Monday, November 27, 2006

Broadway is Not Dead Yet: "Company" and "A Chorus Line" are Both Worth Reviving

Reports of Broadway's death have been greatly exaggerated for years. In "A Chorus Line," which originally opened in 1975, the characters discuss whether or not Broadway is dying ("I hope not," one character replies, "I just got here.") Thirty years later, people are still going on about the death of Broadway, complaining that the only shows on Broadway are revivals or musicals based on movies. But some musicals do bear revisiting. Maybe it's too soon for "Les Miserables," which only closed 3 years ago, but "Company" and "A Chorus Line," both from the 70s, were about due for another look.

Stephen Sondheim's "Company" is currently in previews at the Ethel Barrymore Theatre and will open on November 29. The original production ran from 1970 to 1972 and it had a brief revival in 1995.

Although "Company" was written in the 70s, it does not feel dated. The subject matter of a bachelor, Bobby, with married friends trying to set him up is relevant in any time period. The problems that the couples have in their relationships and the loneliness Bobby feels is also timeless. The Dolce and Gabbana suits hint that the story has been placed in the present time, but the musical does not require being grounded in a specific time. The place is slightly more important, as it would be hard to imagine the upper middle-class urbanites living anywhere but Manhattan.

As in most Sondheim shows (he wrote the music and the lyrics), there is not much of a linear storyline. The individual scenes and what they reveal about human nature are much more important than the plot.

Such a show lends itself to John Doyle's direction. Last year Doyle revived another Sondheim show, "Sweeney Todd," and had the cast double as the orchestra, which earned him critical praise as well as a Tony. This technique works just as well here, as does the minimalist set (the major set piece is a piano). The musical does not require anything but gifted actors to deliver Sondheim's thought-provoking score, which this show definitely has.

Even the most accomplished singers will probably tell you that Sondheim music, characterized by its complex changes and intricate harmonies, is not easy to perform. The 14-member cast had the added difficulty of switching between multiple instruments. Actors sang while playing the violin or moved across the stage with a double bass with relative ease. The cast is such a talented entity that it is hard to pick out a few of the performers, but it makes sense to start with Raul Esparza, who plays Bobby.

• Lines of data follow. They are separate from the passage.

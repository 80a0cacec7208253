//! Visits of a year, its days and their hours where no steps are kept: each is passed over by its floor, with one read.

ghost use Rattle.std.specs.Prelude.{ℕ, ◌≡◌, ◌≢◌, ◌≤◌, IfNone, IfSome, OnOk, OnErr};
ghost use Rattle.std.specs.Option.{ForSome};
ghost use Rattle.signal_base.specs.declared.limits.TheConstants.{GREATEST_COST};
ghost use Rattle.definitions.specs.declared.block.Span.TheVariants.{Year, Day, Hour, Minute};
ghost use Rattle.definitions.specs.answers.Blocks.{IsBlock, children};
ghost use Rattle.field_tables.specs.Scored.{costs_of};
ghost use Rattle.race_words.specs.Views.{after_limit};
ghost use Rattle.block_visits.specs.Visits.{limit_at};
ghost use Rattle.workers.specs.Steps.{HasStopped, HasWalked, HaveStopped, HaveWalked, NeedsNone};
ghost use Rattle.workers.specs.Passing.{CountsAs, HasLooked, HasPassed, is_above};

use crate::recorder::Recorder;
use crate::visitor::{Visitor, limit_at};
use block_visits::blocks_share_the_sequences;
use bounds::{Bounded, block_key, bound, bounded_children};
use definitions::{Block, Span, children_share_the_sequences};
use race_words::{Often, Seat};
use sequence::cost_of;
use std::marker::Brand;

impl Visitor<'_> {
    /// Visits a year, which is passed over by its floor where that can be. `latest` is what was read last.
    pub(crate) fn visit_year<K: Recorder>(
        &self,
        seat: &mut Seat,
        year: &Block,
        latest: &mut u64,
        recorder: &mut K,
    ) -> Result<(), K::Fault>
        requires race { seat.old.race ≡ self.now.race.now.id }
        requires block { IsBlock self.now.tables.now.window year.now }
        requires year { year.now.span ≡ Year }
        requires needless { NeedsNone K.told }
        ensures race { seat.new.race ≡ seat.old.race }
        ensures walked { let t = self.now.tables.now in
            OnOk result (HasWalked K.told (costs_of t) t.window self.now.ceiling year.now seat.old.view seat.new.view recorder.old recorder.new) }
        ensures stopped { let t = self.now.tables.now in
            OnErr result (HasStopped K.told K.fails (costs_of t) t.window self.now.ceiling year.now seat.old.view seat.new.view recorder.old recorder.new) }
    {
        let found = Bounded {
            block: *year,
            bound: bound(self.tables, year),
        };
        let Some(seen) = self.read_or_pass_over(seat, &found, latest) else {
            return Ok(());
        };
        let opened = self.take_step(&found, seen, recorder)?;
        let Some(_key) = opened else {
            return Ok(());
        };
        self.visit_days(seat, year, latest, recorder)
    }

    // Visits the days of a year, one after the other.
    fn visit_days<K: Recorder>(
        &self,
        seat: &mut Seat,
        year: &Block,
        latest: &mut u64,
        recorder: &mut K,
    ) -> Result<(), K::Fault>
        requires race { seat.old.race ≡ self.now.race.now.id }
        requires block { IsBlock self.now.tables.now.window year.now }
        requires year { year.now.span ≡ Year }
        requires needless { NeedsNone K.told }
        ensures race { seat.new.race ≡ seat.old.race }
        ensures walked { let t = self.now.tables.now in
            OnOk result (HaveWalked K.told (costs_of t) t.window self.now.ceiling (children year.now) seat.old.view seat.new.view recorder.old recorder.new) }
        ensures stopped { let t = self.now.tables.now in
            OnErr result (HaveStopped K.told K.fails (costs_of t) t.window self.now.ceiling (children year.now) seat.old.view seat.new.view recorder.old recorder.new) }
    {
        children_share_the_sequences();
        let mut days = bounded_children(self.tables, year);
        while let Some(day) = days.next_block() {
            self.visit_day(seat, &day, latest, recorder)?;
        }
        Ok(())
    }

    // Visits a day, which is passed over by its floor where that can be. `latest` is what was read last.
    #[inline(always)]
    fn visit_day<K: Recorder>(
        &self,
        seat: &mut Seat,
        day: &Block,
        latest: &mut u64,
        recorder: &mut K,
    ) -> Result<(), K::Fault>
        requires race { seat.old.race ≡ self.now.race.now.id }
        requires block { IsBlock self.now.tables.now.window day.now }
        requires day { day.now.span ≡ Day }
        requires needless { NeedsNone K.told }
        ensures race { seat.new.race ≡ seat.old.race }
        ensures walked { let t = self.now.tables.now in
            OnOk result (HasWalked K.told (costs_of t) t.window self.now.ceiling day.now seat.old.view seat.new.view recorder.old recorder.new) }
        ensures stopped { let t = self.now.tables.now in
            OnErr result (HasStopped K.told K.fails (costs_of t) t.window self.now.ceiling day.now seat.old.view seat.new.view recorder.old recorder.new) }
    {
        let Some(seen) = self.pass_over(seat, day, latest) else {
            return Ok(());
        };
        let found = Bounded {
            block: *day,
            bound: bound(self.tables, day),
        };
        let opened = self.take_step(&found, seen, recorder)?;
        let Some(_key) = opened else {
            return Ok(());
        };
        self.visit_hours(seat, day, recorder)
    }

    // Visits the hours of a day, one after the other.
    fn visit_hours<K: Recorder>(
        &self,
        seat: &mut Seat,
        day: &Block,
        recorder: &mut K,
    ) -> Result<(), K::Fault>
        requires race { seat.old.race ≡ self.now.race.now.id }
        requires block { IsBlock self.now.tables.now.window day.now }
        requires day { day.now.span ≡ Day }
        requires needless { NeedsNone K.told }
        ensures race { seat.new.race ≡ seat.old.race }
        ensures walked { let t = self.now.tables.now in
            OnOk result (HaveWalked K.told (costs_of t) t.window self.now.ceiling (children day.now) seat.old.view seat.new.view recorder.old recorder.new) }
        ensures stopped { let t = self.now.tables.now in
            OnErr result (HaveStopped K.told K.fails (costs_of t) t.window self.now.ceiling (children day.now) seat.old.view seat.new.view recorder.old recorder.new) }
    {
        children_share_the_sequences();
        let mut hours = bounded_children(self.tables, day);
        while let Some(hour) = hours.next_block() {
            self.visit_hour(seat, &hour, recorder)?;
        }
        Ok(())
    }

    // Visits an hour, which is passed over by its floor where that can be.
    fn visit_hour<K: Recorder>(
        &self,
        seat: &mut Seat,
        hour: &Block,
        recorder: &mut K,
    ) -> Result<(), K::Fault>
        requires race { seat.old.race ≡ self.now.race.now.id }
        requires block { IsBlock self.now.tables.now.window hour.now }
        requires hour { hour.now.span ≡ Hour }
        requires needless { NeedsNone K.told }
        ensures race { seat.new.race ≡ seat.old.race }
        ensures walked { let t = self.now.tables.now in
            OnOk result (HasWalked K.told (costs_of t) t.window self.now.ceiling hour.now seat.old.view seat.new.view recorder.old recorder.new) }
        ensures stopped { let t = self.now.tables.now in
            OnErr result (HasStopped K.told K.fails (costs_of t) t.window self.now.ceiling hour.now seat.old.view seat.new.view recorder.old recorder.new) }
    {
        // An hour's floor is a close one, whatever was read before.
        let mut latest = u64::MAX;
        let Some(seen) = self.pass_over(seat, hour, &mut latest) else {
            return Ok(());
        };
        let found = Bounded {
            block: *hour,
            bound: bound(self.tables, hour),
        };
        let opened = self.take_step(&found, seen, recorder)?;
        let Some(_key) = opened else {
            return Ok(());
        };
        self.visit_children(seat, hour, recorder)
    }

    // Reads the race's limit once, as `pass_over` does. The floor, which takes longer than the bound, is asked only where the bound
    // wouldn't pass the block over by what was read last.
    fn read_or_pass_over(&self, seat: &mut Seat, found: &Bounded, latest: &mut u64) -> Option<u64>
        requires race { seat.old.race ≡ self.now.race.now.id }
        requires block { IsBlock self.now.tables.now.window found.now.block }
        requires small { ForSome found.now.bound (λ n. n ≤ GREATEST_COST) }
        ensures race { seat.new.race ≡ seat.old.race }
        ensures passed { let t = self.now.tables.now in
            IfNone result (HasPassed (costs_of t) t.window self.now.ceiling found.now.block seat.old.view seat.new.view) }
        ensures low { IfSome result (λ seen. seen ≤ seat.old.view.floor) }
        ensures read { IfSome result (λ seen. seat.new.view ≡ after_limit seen seat.old.view) }
    {
        if self.is_above(&found.block, found.bound, *latest) {
            return Some(self.race.limit(seat));
        }
        self.pass_over(seat, &found.block, latest)
    }

    // Reads the race's limit once. None where the block's floor passes it over, and else what was read, by which the
    // block's own step is to be taken. The floor is a close one where another wouldn't do by what was read before.
    #[inline(always)]
    fn pass_over(&self, seat: &mut Seat, block: &Block, latest: &mut u64) -> Option<u64>
        requires race { seat.old.race ≡ self.now.race.now.id }
        requires block { IsBlock self.now.tables.now.window block.now }
        ensures race { seat.new.race ≡ seat.old.race }
        ensures passed { let t = self.now.tables.now in
            IfNone result (HasPassed (costs_of t) t.window self.now.ceiling block.now seat.old.view seat.new.view) }
        ensures low { IfSome result (λ seen. seen ≤ seat.old.view.floor) }
        ensures read { IfSome result (λ seen. seat.new.view ≡ after_limit seen seat.old.view) }
    {
        blocks_share_the_sequences();
        let enough = cost_of(limit_at(self.ceiling, *latest));
        let floor = self.tables.floor(block, enough);
        let seen = self.look::<Brand>(seat, block, floor);
        *latest = seen;
        if self.is_above(block, floor, seen) {
            return None;
        }
        Some(seen)
    }

    // Reads the race's limit. Where the block's floor passes it over, the one load counts as all reads of a visit of the block, and
    // else as one.
    #[inline(always)]
    fn look<O: Often>(&self, seat: &mut Seat, block: &Block, floor: Option<u32>) -> u64
        requires race { seat.old.race ≡ self.now.race.now.id }
        requires often { let t = self.now.tables.now in
            (seen : ℕ) → CountsAs (costs_of t) t.window self.now.ceiling block.now floor seen (O.often seen) }
        ensures race { seat.new.race ≡ seat.old.race }
        ensures low { result ≤ seat.old.view.floor }
        ensures looked { let t = self.now.tables.now in
            HasLooked (costs_of t) t.window self.now.ceiling block.now floor result seat.old.view seat.new.view }
    {
        let _block = *block;
        let _floor = floor;
        self.race.limit_often::<O>(seat)
    }

    // Whether the key of the block's floor is above the limit.
    #[inline(always)]
    fn is_above(&self, block: &Block, floor: Option<u32>, seen: u64) -> bool
        requires block { IsBlock self.now.tables.now.window block.now }
        requires small { ForSome floor (λ n. n ≤ GREATEST_COST) }
        ensures { result ≡ is_above (limit_at self.now.ceiling seen) block.now floor }
    {
        match floor {
            None => true,
            Some(floor) => block_key(floor, block) > limit_at(self.ceiling, seen),
        }
    }
}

This is the show that is supposed to turn Esparza into a star, and it's about time. Broadway fans have adored him for years. Although he lucked out in that he doesn't have to play any instruments except the piano in one scene, he doesn't work any less hard. He puts everything he has into the emotionally-charged finale, "Being Alive." He is so charismatic that it is easy to see why all the characters love him and his performance has Tony written all over it. There was a fascinating profile on him in the New York Times, which suggested that many elements of the play hit close to home and makes his performance that much more powerful and real.

Heather Laws as Amy does well with the difficult impossibly fast-paced, "Getting Married Today." She also plays french horn, trumpet, and flute. Barbara Walsh as Joanne, looking like Bebe Neuwirth but far more talented, would make Elaine Stritch proud with her biting rendition of "The Ladies Who Lunch."

Although most Sondheim fans are familiar with the music from "Company," many, especially the younger generations, have never had a chance to see the show. The revival allows fans to hear the music in its context. The past several Sondheim revivals have not had long runs, so Sondheimites would do well to see it as soon as possible.

"A Chorus Line" in its initial run was far more successful than "Company." It was at one point the longest running musical on Broadway. It ran from 1975 to 1990 and is considered one of the most groundbreaking musicals of all time. The late Michael Bennett told the story of dancers trying to make it into a chorus line through his brilliantly expressive choreographer. The stories of the dancers were based on real life stories that the original cast told to Bennett.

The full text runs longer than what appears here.